Маленький отвернулся, и трудно было понять, согласен он или нет. Скорее всего, он был все-таки не согласен. Лицо его еще больше подергивалось, весь он дрожал. Старуха, не глядя на него, сказала:
— Ты, Паша, выдь. Может, пароход близко. Пора бы…
Он встал и, не глядя ни на кого, вышел.
— Что это он у вас такой? — спросил Зубов.
— Какой это — такой?
— Ну, занозистый, что ли?
— Не занозистый он, — ответила старуха, — это контузия в ем. На войне он уж очень геройствовал, вот и контузился. У него орденов дома — десять. Профессия у него на войне такая была — против танков. Ну да не обошлось… В самом конце, говорят, его и оконтузило. Три года в госпитале лежал без рук-ног отнявшись. Теперь, правда, отошел. Вот только лицом дергает.
— А рука?
— И рука тоже.
— А баба? Баба-то есть у него? — спросил Саша.
Старуха чуть покачала головой:
— Была да ушла. Не стерпела, значит. Ну и опять — детей у них не было.

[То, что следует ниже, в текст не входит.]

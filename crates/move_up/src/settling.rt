//! Pointers that go back where no place before them is wanted any more.

ghost use Rattle.std.specs.Prelude.{◌≡◌, ◌<◌, length};
ghost use Rattle.map_model.specs.Market.{IsSameShape};
ghost use Rattle.evict.specs.Standing.{IsOpen};
ghost use Rattle.move_up.specs.Moved.{IsMoved};

use crate::moves::set_back;
use crate::offers::is_offer;
use evict::State;
use map_model::{GroupId, Instance, Offer};

/// How many places before a group's pointer are wanted: they are the first ones.
fn wanted_before(instance: &Instance, state: &State, group: GroupId) -> u8
    requires is_open { IsOpen instance.now state.now }
    requires group { group.0 < length instance.now.groups }
{
    let demand = u64::from(instance.demand(group));
    let pointer = state.pointer(group);
    let mut through = 0u64;
    for place in 0..pointer {
        through = through.saturating_add(state.units(Offer { group, place }));
        if through >= demand {
            return place;
        }
    }
    pointer
}

/// How many of a group's first places are refused, at most so many.
fn refused_before(instance: &Instance, state: &State, group: GroupId, places: u8) -> u8
    requires is_open { IsOpen instance.now state.now }
{
    for place in 0..places {
        let offer = Offer { group, place };
        if !is_offer(instance, offer) {
            return place;
        }
        if state.refuser(instance, offer).is_none() {
            return place;
        }
    }
    places
}

/// Moves a group's pointer back behind its wanted places, where it stands past them.
pub fn settle(instance: &Instance, state: &mut State, marks: &[bool], group: GroupId)
    requires is_open { IsOpen instance.now state.old }
    requires size { length marks.now ≡ length instance.now.nodes }
    requires group { group.0 < length instance.now.groups }
    ensures { IsMoved instance.now marks.now state.old state.new }
{
    let place = wanted_before(instance, state, group);
    set_back(instance, state, marks, group, place);
}

/// Moves a group's pointer back behind the first places that are wanted and refused.
fn settle_refused(instance: &Instance, state: &mut State, marks: &[bool], group: GroupId)
    requires is_open { IsOpen instance.now state.old }
    requires size { length marks.now ≡ length instance.now.nodes }
    requires group { group.0 < length instance.now.groups }
    ensures { IsMoved instance.now marks.now state.old state.new }
{
    let wanted = wanted_before(instance, state, group);
    let place = refused_before(instance, state, group, wanted);
    set_back(instance, state, marks, group, place);
}

/// Moves the pointer of each group that asks for less than it did back behind the first places that it wants and that
/// are refused.
pub fn settle_lowered(old: &Instance, new: &Instance, state: &mut State, marks: &[bool])
    requires is_open { IsOpen new.now state.old }
    requires shape { IsSameShape old.now new.now }
    requires size { length marks.now ≡ length new.now.nodes }
    ensures { IsMoved new.now marks.now state.old state.new }
{
    for g in 0..new.groups() {
        let group = GroupId(g);
        if new.demand(group) < old.demand(group) {
            settle_refused(new, state, marks, group);
        }
    }
}
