//! Whether a map is good: in form, feasible, stable and named; and if not, its first fault.
#![tactic(auto)]

mod judge;
mod lines;
mod scans;
mod tallies;
mod verdict;

pub use judge::{CheckRoom, check};
pub use verdict::Verdict;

— Н-да… — сказал Саша. — Дела.
И снова все затихло. По-прежнему волны тыкались в крутые бока баржи, с недовольным плеском откатывались назад. Ветер утих, только балки скрипели тягуче и надсадно. Откуда-то издали донесся слабый посторонний звук, трудно было даже определить, что это. Однако старуха сказала уверенно:
— Идет…
В это же время появился маленький человечек в плаще; лицо его было спокойно, но глядел он куда-то в сторону.
— Идет, — подтвердил он. — У косы.
— Через семь, значит, минут здесь будет, — пояснила старуха и поднялась.
Зубов ощутил вдруг, как острое чувство охватило его, — это было какое-то прежде не изведанное им чувство и не совсем еще понятное ему. И для того, чтобы лучше понять происходящее, он попробовал взглянуть на все со стороны. Увидел он со стороны и себя — двадцатипятилетнего инженера из Ленинграда, и шофера Сашу, и этого маленького искалеченного человека, у которого в опустевшем доме лежат солдатские ордена, и старуху, родившуюся в тысяча восемьсот семьдесят четвертом году… И немного странным показалось ему все это. Словно кадры из кино — зримо, но необычно. И самым необычным казалось то, что здесь, именно здесь, вдали от так называемых очагов культуры, разговор шел не о чем-нибудь, а о коммунизме. Но это была правда, как правдой было для Зубова теперь то, что во всех концах огромной, бескрайней страны, имя которой Россия, — в деревнях, которых не найдешь ни на одной карте, возле рек и морей, среди лесов и гор — везде живут такие же люди. И все они, только каждый по-своему, думают о будущем. И что-то новое наполнило Зубова, и впервые подумал он, что слово «народ», тысячи раз безлико глядевшее на него со страниц газет своими пятью буквами, — впервые это слово потеряло для него свой общий обезличивающий смысл и воплотилось в конкретных лицах — в Саше, в старухе, в человеке с неподвижной рукой. Теперь он знал: это и есть народ. И сам он — никому не известный Генка Зубов — тоже народ. И еще он подумал: «Ну и хорошо же мне!..»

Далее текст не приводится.